> [Problem to work on]
Which lines of the entries contain the string "whom"? Please find them and copy them.

> [Recorded information]
-.-.-

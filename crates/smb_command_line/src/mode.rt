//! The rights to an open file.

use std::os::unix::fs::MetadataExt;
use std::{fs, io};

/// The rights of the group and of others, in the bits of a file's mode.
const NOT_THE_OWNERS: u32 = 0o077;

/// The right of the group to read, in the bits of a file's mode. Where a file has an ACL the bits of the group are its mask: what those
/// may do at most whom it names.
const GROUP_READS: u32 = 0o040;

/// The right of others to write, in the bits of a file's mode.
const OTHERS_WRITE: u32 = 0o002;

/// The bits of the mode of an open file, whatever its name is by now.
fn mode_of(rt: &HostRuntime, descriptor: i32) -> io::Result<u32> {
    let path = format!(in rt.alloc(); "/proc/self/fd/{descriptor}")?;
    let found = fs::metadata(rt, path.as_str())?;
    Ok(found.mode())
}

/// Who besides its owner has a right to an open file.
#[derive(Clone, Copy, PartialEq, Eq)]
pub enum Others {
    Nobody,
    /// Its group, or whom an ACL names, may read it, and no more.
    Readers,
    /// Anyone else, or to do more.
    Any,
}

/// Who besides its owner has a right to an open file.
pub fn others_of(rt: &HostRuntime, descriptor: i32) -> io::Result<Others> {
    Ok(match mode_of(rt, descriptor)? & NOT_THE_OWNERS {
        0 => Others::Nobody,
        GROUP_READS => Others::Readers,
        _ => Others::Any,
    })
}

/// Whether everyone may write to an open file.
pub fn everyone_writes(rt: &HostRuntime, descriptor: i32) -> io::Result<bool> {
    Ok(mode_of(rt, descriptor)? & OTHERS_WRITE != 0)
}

-.-.-

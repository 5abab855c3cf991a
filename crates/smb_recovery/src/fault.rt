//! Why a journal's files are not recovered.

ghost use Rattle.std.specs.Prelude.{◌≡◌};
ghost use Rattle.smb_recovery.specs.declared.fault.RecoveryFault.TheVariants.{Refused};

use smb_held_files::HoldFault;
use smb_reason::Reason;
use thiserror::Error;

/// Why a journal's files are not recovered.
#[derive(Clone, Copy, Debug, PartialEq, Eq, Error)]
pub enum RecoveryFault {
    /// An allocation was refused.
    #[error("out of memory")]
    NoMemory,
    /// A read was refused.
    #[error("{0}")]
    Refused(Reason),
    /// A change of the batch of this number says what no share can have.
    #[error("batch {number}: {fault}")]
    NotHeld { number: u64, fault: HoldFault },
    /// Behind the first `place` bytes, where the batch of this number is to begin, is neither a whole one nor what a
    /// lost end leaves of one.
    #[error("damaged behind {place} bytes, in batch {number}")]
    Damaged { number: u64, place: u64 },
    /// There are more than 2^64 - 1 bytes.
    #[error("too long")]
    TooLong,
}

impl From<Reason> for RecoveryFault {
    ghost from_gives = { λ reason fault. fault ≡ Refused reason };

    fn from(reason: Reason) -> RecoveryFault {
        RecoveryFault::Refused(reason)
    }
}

-.-.-

> [Expected answer]
/// may do at most whom it names.
    /// Its group, or whom an ACL names, may read it, and no more.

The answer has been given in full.